_DATA:_
·····
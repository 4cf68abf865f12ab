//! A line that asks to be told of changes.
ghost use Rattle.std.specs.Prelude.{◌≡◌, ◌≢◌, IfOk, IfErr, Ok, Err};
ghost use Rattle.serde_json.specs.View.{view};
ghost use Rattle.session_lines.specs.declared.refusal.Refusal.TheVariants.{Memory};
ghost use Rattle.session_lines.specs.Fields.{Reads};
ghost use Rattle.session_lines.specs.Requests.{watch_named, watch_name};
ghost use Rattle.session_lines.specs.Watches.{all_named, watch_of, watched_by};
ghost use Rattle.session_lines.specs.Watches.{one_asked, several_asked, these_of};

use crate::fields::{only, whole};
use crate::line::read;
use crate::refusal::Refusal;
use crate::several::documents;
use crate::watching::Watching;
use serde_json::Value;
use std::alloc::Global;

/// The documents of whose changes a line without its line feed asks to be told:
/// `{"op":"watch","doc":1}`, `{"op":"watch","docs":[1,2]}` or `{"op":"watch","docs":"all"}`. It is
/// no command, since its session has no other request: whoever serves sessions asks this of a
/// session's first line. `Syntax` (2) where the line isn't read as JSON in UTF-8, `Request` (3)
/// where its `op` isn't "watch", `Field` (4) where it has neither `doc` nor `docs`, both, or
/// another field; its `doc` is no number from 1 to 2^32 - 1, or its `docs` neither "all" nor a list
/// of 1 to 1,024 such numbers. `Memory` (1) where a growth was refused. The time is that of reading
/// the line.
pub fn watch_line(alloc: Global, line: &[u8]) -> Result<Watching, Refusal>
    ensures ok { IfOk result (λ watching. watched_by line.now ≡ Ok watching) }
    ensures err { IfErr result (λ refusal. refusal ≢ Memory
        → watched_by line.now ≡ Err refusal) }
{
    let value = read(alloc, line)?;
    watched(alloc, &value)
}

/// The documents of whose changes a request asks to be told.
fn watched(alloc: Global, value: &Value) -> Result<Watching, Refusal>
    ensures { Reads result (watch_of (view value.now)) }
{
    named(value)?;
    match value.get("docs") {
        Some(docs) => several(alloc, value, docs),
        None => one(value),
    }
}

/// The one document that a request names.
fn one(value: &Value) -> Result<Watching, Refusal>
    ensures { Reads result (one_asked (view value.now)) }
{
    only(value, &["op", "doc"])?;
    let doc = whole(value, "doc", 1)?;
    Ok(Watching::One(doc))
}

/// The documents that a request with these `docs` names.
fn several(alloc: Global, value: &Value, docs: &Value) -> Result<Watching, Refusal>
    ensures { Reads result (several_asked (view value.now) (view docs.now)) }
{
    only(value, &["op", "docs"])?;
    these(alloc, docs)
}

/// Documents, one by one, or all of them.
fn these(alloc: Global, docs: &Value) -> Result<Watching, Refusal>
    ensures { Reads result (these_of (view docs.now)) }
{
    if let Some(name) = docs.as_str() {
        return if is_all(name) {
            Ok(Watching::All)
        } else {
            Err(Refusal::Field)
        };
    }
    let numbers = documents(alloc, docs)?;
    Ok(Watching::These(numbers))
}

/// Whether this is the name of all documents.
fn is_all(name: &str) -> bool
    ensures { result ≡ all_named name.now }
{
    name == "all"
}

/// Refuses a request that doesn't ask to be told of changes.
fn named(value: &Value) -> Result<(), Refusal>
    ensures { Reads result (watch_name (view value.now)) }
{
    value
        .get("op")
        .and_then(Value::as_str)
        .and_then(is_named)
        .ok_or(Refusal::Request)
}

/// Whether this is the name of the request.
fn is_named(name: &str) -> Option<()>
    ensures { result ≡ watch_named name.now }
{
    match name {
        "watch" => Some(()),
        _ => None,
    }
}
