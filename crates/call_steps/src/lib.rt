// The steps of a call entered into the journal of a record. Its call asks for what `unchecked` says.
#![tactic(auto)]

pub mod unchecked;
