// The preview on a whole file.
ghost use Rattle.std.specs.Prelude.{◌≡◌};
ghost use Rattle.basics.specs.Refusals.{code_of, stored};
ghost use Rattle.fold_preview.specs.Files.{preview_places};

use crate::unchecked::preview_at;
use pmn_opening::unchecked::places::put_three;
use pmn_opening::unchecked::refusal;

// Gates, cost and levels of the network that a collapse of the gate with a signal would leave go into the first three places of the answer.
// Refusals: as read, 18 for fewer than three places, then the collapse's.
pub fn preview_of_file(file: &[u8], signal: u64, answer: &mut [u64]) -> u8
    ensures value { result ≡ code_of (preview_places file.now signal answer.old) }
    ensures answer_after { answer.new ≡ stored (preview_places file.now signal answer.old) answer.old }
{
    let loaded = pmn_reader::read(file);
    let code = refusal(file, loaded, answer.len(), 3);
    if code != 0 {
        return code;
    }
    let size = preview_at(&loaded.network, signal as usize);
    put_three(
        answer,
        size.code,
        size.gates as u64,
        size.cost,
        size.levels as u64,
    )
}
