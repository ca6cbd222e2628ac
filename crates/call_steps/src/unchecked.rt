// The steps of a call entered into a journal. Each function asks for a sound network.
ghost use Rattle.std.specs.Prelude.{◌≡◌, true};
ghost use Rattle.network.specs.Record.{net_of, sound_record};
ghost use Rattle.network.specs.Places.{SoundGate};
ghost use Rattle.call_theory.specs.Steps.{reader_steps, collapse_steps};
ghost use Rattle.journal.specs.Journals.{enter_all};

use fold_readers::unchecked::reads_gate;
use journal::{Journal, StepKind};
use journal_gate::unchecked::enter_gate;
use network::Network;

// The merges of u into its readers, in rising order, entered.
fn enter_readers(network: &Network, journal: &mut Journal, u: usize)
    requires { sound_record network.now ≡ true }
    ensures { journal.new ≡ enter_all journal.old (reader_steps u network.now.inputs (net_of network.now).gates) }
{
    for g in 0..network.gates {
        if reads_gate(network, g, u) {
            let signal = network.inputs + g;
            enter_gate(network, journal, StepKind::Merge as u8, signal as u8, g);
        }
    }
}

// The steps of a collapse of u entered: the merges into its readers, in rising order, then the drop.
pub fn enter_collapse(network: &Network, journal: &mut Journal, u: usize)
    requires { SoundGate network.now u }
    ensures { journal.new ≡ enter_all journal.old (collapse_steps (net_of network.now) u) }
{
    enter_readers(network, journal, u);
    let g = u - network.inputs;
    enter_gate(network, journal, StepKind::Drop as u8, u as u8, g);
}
·····
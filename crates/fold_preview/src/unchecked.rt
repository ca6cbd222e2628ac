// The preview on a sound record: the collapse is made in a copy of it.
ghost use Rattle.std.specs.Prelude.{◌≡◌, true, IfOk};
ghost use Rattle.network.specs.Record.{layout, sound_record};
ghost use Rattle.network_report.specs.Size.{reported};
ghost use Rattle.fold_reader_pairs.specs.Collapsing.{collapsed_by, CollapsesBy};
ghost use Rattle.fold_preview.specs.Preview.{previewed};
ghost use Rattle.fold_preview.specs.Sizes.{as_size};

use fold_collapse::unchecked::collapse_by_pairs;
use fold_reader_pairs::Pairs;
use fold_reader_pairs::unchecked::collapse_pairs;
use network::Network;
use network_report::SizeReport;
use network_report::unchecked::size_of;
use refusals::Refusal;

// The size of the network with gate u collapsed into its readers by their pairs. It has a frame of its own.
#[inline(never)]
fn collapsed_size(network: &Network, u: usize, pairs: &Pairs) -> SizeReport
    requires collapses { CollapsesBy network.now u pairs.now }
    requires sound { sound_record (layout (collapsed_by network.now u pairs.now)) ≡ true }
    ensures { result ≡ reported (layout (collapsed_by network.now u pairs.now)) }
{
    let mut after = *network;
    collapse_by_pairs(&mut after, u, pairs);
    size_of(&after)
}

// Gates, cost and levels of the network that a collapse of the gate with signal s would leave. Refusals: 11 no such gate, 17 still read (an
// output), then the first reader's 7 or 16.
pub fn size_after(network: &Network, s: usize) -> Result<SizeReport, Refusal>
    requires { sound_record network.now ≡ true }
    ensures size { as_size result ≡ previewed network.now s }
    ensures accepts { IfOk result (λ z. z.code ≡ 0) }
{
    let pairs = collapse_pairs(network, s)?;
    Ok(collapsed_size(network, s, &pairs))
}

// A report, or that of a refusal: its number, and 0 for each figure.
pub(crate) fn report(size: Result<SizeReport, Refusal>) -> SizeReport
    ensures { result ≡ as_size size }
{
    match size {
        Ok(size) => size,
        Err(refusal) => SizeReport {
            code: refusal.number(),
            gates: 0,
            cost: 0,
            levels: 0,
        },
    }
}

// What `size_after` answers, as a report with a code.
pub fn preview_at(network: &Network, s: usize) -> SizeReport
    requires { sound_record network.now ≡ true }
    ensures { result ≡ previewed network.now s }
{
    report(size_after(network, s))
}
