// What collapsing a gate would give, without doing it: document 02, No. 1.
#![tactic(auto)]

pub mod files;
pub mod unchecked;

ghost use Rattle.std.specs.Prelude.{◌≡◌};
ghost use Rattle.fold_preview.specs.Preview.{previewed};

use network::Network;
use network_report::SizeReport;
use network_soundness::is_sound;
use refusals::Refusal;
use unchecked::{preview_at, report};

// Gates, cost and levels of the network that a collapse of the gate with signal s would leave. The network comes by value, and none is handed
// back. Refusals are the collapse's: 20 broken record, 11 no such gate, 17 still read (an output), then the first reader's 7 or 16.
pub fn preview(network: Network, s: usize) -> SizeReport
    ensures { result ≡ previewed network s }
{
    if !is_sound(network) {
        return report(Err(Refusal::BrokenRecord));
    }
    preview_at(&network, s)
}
·····
_EXERCISE DETAILS:_ Extract exactly and only the lines above from the line containing "session's first line." through the line containing "fn watched(alloc: Global, value: &Value)", both end lines included.

_OUTPUT BELOW:_
/// session's first line. `Syntax` (2) where the line isn't read as JSON in UTF-8, `Request` (3)
/// where its `op` isn't "watch", `Field` (4) where it has neither `doc` nor `docs`, both, or
/// another field; its `doc` is no number from 1 to 2^32 - 1, or its `docs` neither "all" nor a list
/// of 1 to 1,024 such numbers. `Memory` (1) where a growth was refused. The time is that of reading
/// the line.
pub fn watch_line(alloc: Global, line: &[u8]) -> Result<Watching, Refusal>
    ensures ok { IfOk result (λ watching. watched_by line.now ≡ Ok watching) }
    ensures err { IfErr result (λ refusal. refusal ≢ Memory
        → watched_by line.now ≡ Err refusal) }
{
    let value = read(alloc, line)?;
    watched(alloc, &value)
}

/// The documents of whose changes a request asks to be told.
fn watched(alloc: Global, value: &Value) -> Result<Watching, Refusal>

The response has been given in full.